* WHAT IS BEING ASKED *
The following entries are to be retyped in full, exactly as written.
____ DATA RECORDS
ghost use Rattle.std.specs.Prelude.{◌≡◌, ℕ, List, IfOk};
ghost use Rattle.meek_words.specs.Numerals.{IsLotList};

use crate::numeral::numeral;
use crate::{LotWords, WordsStop};
use plain_ballots::MOST_CANDIDATES;
use std::alloc::Global;

/// How many lots a list has at most, as many as an election has candidates.
pub(crate) const MOST_LOTS: usize = MOST_CANDIDATES as usize;

/// The numbers of one word that is a list of lots.
///
/// Whether they are an order of somebody's candidates is left to the caller.
pub fn read_lots(alloc: Global, word: &[u8]) -> Result<LotWords, WordsStop>
    ensures accepted { IfOk result (IsLotList word.now) }
    ensures one { (lots : List ℕ) → IsLotList word.now lots → IfOk result (λ read. read ≡ lots) }
    ensures refused { result ≡ Err WordsStop.BadWords
        → (lots : List ℕ) → ¬ (IsLotList word.now lots) }
{
    let mut lots = LotWords::new(alloc);
    for part in word.split(|byte| *byte == b',') {
        let Some(number) = numeral(part) else {
            return Err(WordsStop::BadWords);
        };
        if lots.len() == MOST_LOTS {
            return Err(WordsStop::BadWords);
        }
        lots.push(number)?;
    }
    Ok(lots)
}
________
* EXERCISE RESPONSE *
ghost use Rattle.std.specs.Prelude.{◌≡◌, ℕ, List, IfOk};
ghost use Rattle.meek_words.specs.Numerals.{IsLotList};

use crate::numeral::numeral;
use crate::{LotWords, WordsStop};
use plain_ballots::MOST_CANDIDATES;
use std::alloc::Global;

/// How many lots a list has at most, as many as an election has candidates.
pub(crate) const MOST_LOTS: usize = MOST_CANDIDATES as usize;

/// The numbers of one word that is a list of lots.
///
/// Whether they are an order of somebody's candidates is left to the caller.
pub fn read_lots(alloc: Global, word: &[u8]) -> Result<LotWords, WordsStop>
    ensures accepted { IfOk result (IsLotList word.now) }
    ensures one { (lots : List ℕ) → IsLotList word.now lots → IfOk result (λ read. read ≡ lots) }
    ensures refused { result ≡ Err WordsStop.BadWords
        → (lots : List ℕ) → ¬ (IsLotList word.now lots) }
{
    let mut lots = LotWords::new(alloc);
    for part in word.split(|byte| *byte == b',') {
        let Some(number) = numeral(part) else {
            return Err(WordsStop::BadWords);
        };
        if lots.len() == MOST_LOTS {
            return Err(WordsStop::BadWords);
        }
        lots.push(number)?;
    }
    Ok(lots)
}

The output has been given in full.